[[ MATERIAL SUPPLIED, beginning ]]

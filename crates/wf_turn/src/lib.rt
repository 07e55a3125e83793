//! A flow that is decided: what acts make of it, with the flows that it starts and both next numbers.
#![tactic(auto)]

mod beginning;
mod no_memory;
mod turn;

pub use no_memory::NoMemory;
pub use turn::Turn;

[[ MATERIAL SUPPLIED, end ]]

-- WHAT NEEDS TO BE DONE --
I would like you to return every entry exactly, with nothing changed.

-- OUTPUT FOR THIS EXERCISE --
filename crates/wf_turn/src/lib.rt
repository 07e55a3125e83793
//! A flow that is decided: what acts make of it, with the flows that it starts and both next numbers.
#![tactic(auto)]

mod beginning;
mod no_memory;
mod turn;

pub use no_memory::NoMemory;
pub use turn::Turn;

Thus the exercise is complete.